I prefer Japanese knives, doesn't mean I'm going to go out and spend $1000 on a set of them.


----------



## duckfat (Aug 7, 2008)

I voted J-knife but if there would have been a third option for "Both" in your poll I would have picked that. I like both and I'd add cleavers in their own category. /img/vbsmilies/smilies/cool.gif

Dave


----------



## wubu (Oct 11, 2012)

No love for sabatiers?


----------



## boar_d_laze (Feb 13, 2008)

DuckFat said:


> I voted J-knife but if there would have been a third option for "Both" in your poll I would have picked that. I like both and I'd add cleavers in their own category. /img/vbsmilies/smilies/cool.gif
> 
> Dave


+ 1 to this and +1 to your previous post. Wait. No. Plus infinity to both posts.

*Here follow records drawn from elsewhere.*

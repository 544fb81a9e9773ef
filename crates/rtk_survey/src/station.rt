//! What a capture tells of one station.

ghost use Rattle.std.specs.Prelude.{◌≡◌, List, [], ◌∷◌, OnOk};
ghost use Rattle.rtk_message.specs.declared.any_message.AnyMessage.{AnyMessage};
ghost use Rattle.rtk_survey.specs.BesideGps.{cells_beside_gps};
ghost use Rattle.rtk_survey.specs.Contents.{equipment_at, CountsMessages, HasCodes, IsStationOf};
ghost use Rattle.rtk_survey.specs.EquipmentHistory.{no_equipment, with_message};
ghost use Rattle.rtk_survey.specs.FrameDates.{no_station_dates, station_dates};
ghost use Rattle.rtk_survey.specs.Tracing.{entries_of_message};
ghost use Rattle.rtk_survey.specs.declared.date_message.DateMessage.{DateMessage};
ghost use Rattle.rtk_survey.specs.declared.date_message.DateMessage.TheVariants.{Utc};
ghost use Rattle.rtk_survey.specs.declared.equipment.Equipment.{Equipment};
ghost use Rattle.rtk_survey.specs.declared.station_dates.StationDates.{StationDates};

use crate::channels::{no_channels_told, take_channels};
use crate::clock_chains::{ClockSurvey, take_clock};
use crate::counting::count_if;
use crate::date_message::UtcDate;
use crate::equipment::Equipment;
use crate::equipment_message::EquipmentMessage;
use crate::msm_parts::MsmParts;
use crate::nameless::{count_nameless, no_nameless};
use crate::reference_point::{
    ReferencePoint, far_point_with, first_point_with, has_other_point_with,
};
use crate::sbas::has_sbas;
use crate::signals::{Codes, Signals};
use crate::station_dates::StationDates;
use crate::system_msm::{SystemMsm, no_systems, take_system_message};
use crate::system_signals::SystemSignals;
use crate::times_of_week::Times;
use rtk_message::AnyMessage;
use rtk_obs::{CellEntry, SignalEntry};
use std::alloc::{AllocError, Global};
use std::collections::BTreeMap;

/// How many messages of a station were read. Counts stop at the greatest `u64`.
#[derive(Clone, Copy, Debug, PartialEq, Eq)]
pub struct MessageCounts {
    /// Those of all numbers.
    pub messages: u64,
    pub obs_1004: u64,
    pub arp_1005: u64,
    pub arp_1006: u64,
    /// The 1004 that have a satellite of SBAS.
    pub sbas_1004: u64,
}

/// What one capture tells of a station that was heard in it.
#[derive(Drop)]
pub struct StationSurvey {
    pub counts: MessageCounts,
    /// The times of week of its observation messages of GPS, Galileo, QZSS, SBAS and NavIC.
    pub times: Times,
    /// The satellites and codes of GPS that have a value.
    pub signals: Signals,
    pub msm: MsmParts,
    /// The satellites and codes of other systems that have a value.
    pub system_signals: SystemSignals,
    /// Its messages of other systems, and its 1004 in which a satellite of SBAS has a value, by number (DF002).
    pub system_msm: BTreeMap<u16, SystemMsm>,
    /// How many messages tell each channel of each slot of GLONASS (`count_of_field`).
    pub channels: BTreeMap<u16, u64>,
    /// How far the clocks of its systems are apart: an entry, or none if each chain has one message.
    pub clocks: Vec<ClockSurvey>,
    /// That of its first 1005 or 1006 that has one.
    pub reference_point: Option<ReferencePoint>,
    /// The first one that is more than 100 m from it.
    pub far_point: Option<ReferencePoint>,
    /// The dates that its 1013 and 1029 tell.
    pub dates: StationDates,
    /// What its 1007, 1008 and 1033 tell: an entry, or none if there is no such message.
    pub equipment: Vec<Equipment>,
    /// How many of its messages have cells of satellites or signals without a name, by number (DF002).
    pub nameless: BTreeMap<u16, u64>,
    /// Has one of its 1005 or 1006 another reference point than the first that has one?
    pub has_other_point: bool,
}

impl MessageCounts {
    /// No message came.
    pub fn new() -> MessageCounts
        ensures { CountsMessages result [] }
    {
        MessageCounts {
            messages: 0,
            obs_1004: 0,
            arp_1005: 0,
            arp_1006: 0,
            sbas_1004: 0,
        }
    }

    /// Counts a message under its number, by its cells of other systems than GPS.
    pub(crate) fn count_message(&mut self, message: &AnyMessage, signals: &[SignalEntry])
        requires { signals.now ≡ cells_beside_gps message.now }
        ensures { (ms : List AnyMessage) → CountsMessages self.old ms → CountsMessages self.new (message.now ∷ ms) }
    {
        let number = message.number();
        self.messages = count_if(self.messages, true);
        self.obs_1004 = count_if(self.obs_1004, number == 1004);
        self.arp_1005 = count_if(self.arp_1005, number == 1005);
        self.arp_1006 = count_if(self.arp_1006, number == 1006);
        self.sbas_1004 = count_if(self.sbas_1004, has_sbas(message, signals));
    }
}

// A message more that tells an antenna or a receiver; the first one makes the entry.
fn take_equipment(entries: &mut Vec<Equipment>, message: EquipmentMessage) -> Result<(), AllocError>
    ensures { OnOk result (equipment_at entries.new ≡ with_message message (equipment_at entries.old)) }
{
    if entries.is_empty() {
        entries.push(Equipment::new())?;
    }
    entries[0].take(message);
    Ok(())
}

impl StationSurvey {
    /// Nothing came.
    pub(crate) fn new(alloc: Global) -> StationSurvey
        ensures { IsStationOf [] no_station_dates no_equipment result }
    {
        StationSurvey {
            counts: MessageCounts::new(),
            times: Times::new(),
            signals: Signals::new(),
            msm: MsmParts::new(),
            system_signals: SystemSignals::new(),
            system_msm: no_systems(alloc),
            channels: no_channels_told(alloc),
            clocks: Vec::new(alloc),
            reference_point: None,
            far_point: None,
            dates: StationDates::new(),
            equipment: Vec::new(alloc),
            nameless: no_nameless(alloc),
            has_other_point: false,
        }
    }

    /// A message more of the station, with its cells and their codes: those of GPS, and those of other systems.
    pub(crate) fn take_message(
        &mut self,
        message: &AnyMessage,
        entries: &[CellEntry],
        codes: &Codes,
        signals: &[SignalEntry],
    ) -> Result<(), AllocError>
        requires entries { entries.now ≡ entries_of_message message.now }
        requires codes { HasCodes codes.now (entries_of_message message.now) }
        requires signals { signals.now ≡ cells_beside_gps message.now }
        ensures { OnOk result ((ms : List AnyMessage) (d : StationDates) (e : Equipment) → IsStationOf ms d e self.old
            → IsStationOf (message.now ∷ ms) d e self.new) }
    {
        self.counts.count_message(message, signals);
        self.times.note_message(message);
        self.signals.mark_entries(entries);
        self.msm.add_message(message, entries, codes);
        self.system_signals.mark_entries(signals);
        let first = self.reference_point;
        self.far_point = far_point_with(first, self.far_point, message);
        self.has_other_point = has_other_point_with(first, self.has_other_point, message);
        self.reference_point = first_point_with(first, message);
        take_channels(&mut self.channels, message)?;
        take_clock(&mut self.clocks, message)?;
        count_nameless(&mut self.nameless, message, entries, signals)?;
        take_system_message(&mut self.system_msm, message, signals)
    }

    /// A 1013 or a 1029 more of the station.
    pub(crate) fn take_date(&mut self, date: UtcDate)
        ensures { (ms : List AnyMessage) (ds : List DateMessage) (e : Equipment)
            → IsStationOf ms (station_dates date.station ds) e self.old
            → IsStationOf ms (station_dates date.station (Utc date ∷ ds)) e self.new }
    {
        self.dates.count(date);
    }

    /// A 1007, 1008 or 1033 more of the station.
    pub(crate) fn take_equipment(&mut self, message: EquipmentMessage) -> Result<(), AllocError>
        ensures { OnOk result ((ms : List AnyMessage) (d : StationDates) (e : Equipment) → IsStationOf ms d e self.old
            → IsStationOf ms d (with_message message e) self.new) }
    {
        take_equipment(&mut self.equipment, message)
    }
}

And, let me add that while I prefer French carbons to German stainless for nearly every purpose, there are many wonderful German stainless knives and "German" is certainly a legitimate choice. You couldn't make me argue with Norman Weinstein about the validity of his own choices with a knife to my head.

The "best knife" depends on the person and the purpose.

Nathan: Patience, my friend. Patience. Let the wisdom come to you with practice, experience and in time. Don't try to impose your conclusions on a reality which refused to divide itself into distinct categories.

BDL


----------



## boar_d_laze (Feb 13, 2008)

Wubu said:


> No love for sabatiers?


Les couteaux Sabatiers au carbone, Je les adore. Les inoxydable, non.

BDL


----------



## eiron (Nov 29, 2012)

Where do I classify my Swiss knives? /img/vbsmilies/smilies/confused.gif


----------



## brianshaw (Dec 18, 2010)

Eiron said:


> Where do I classify my Swiss knives? /img/vbsmilies/smilies/confused.gif


They are neutral and probably shouldn't be brought into this kind of discussion. Ha ha ha.


----------



## ordo (Mar 19, 2009)

Anything that i can sharpen will do the job these days. But it happens that i can sharpen J knives much better than any blade. Name it geometry, steels, bevels, etc., I can get my best super sharp edges from J knives. And i rather go stainless than carbon steel. Today. Tomorrow we'll see.


----------



## boar_d_laze (Feb 13, 2008)

Eiron said:


> Where do I classify my Swiss knives? /img/vbsmilies/smilies/confused.gif


If they're Forschner/Victorinox they fit in the same box as German knives. Same alloys, same profiles, alla time same same.

BDL


----------



## wubu (Oct 11, 2012)

Just curious, is there anything wrong with stainless Sabs?


----------



## boar_d_laze (Feb 13, 2008)

It's been awhile since I used or sharpened one, but the problem was/is the alloy. Compared to knives made from X50CrMoV15 the Sabs have crummy edge properties and ding out of true too easily. However, compared to "classic" German knives, they're slightly lighter and have better profiles.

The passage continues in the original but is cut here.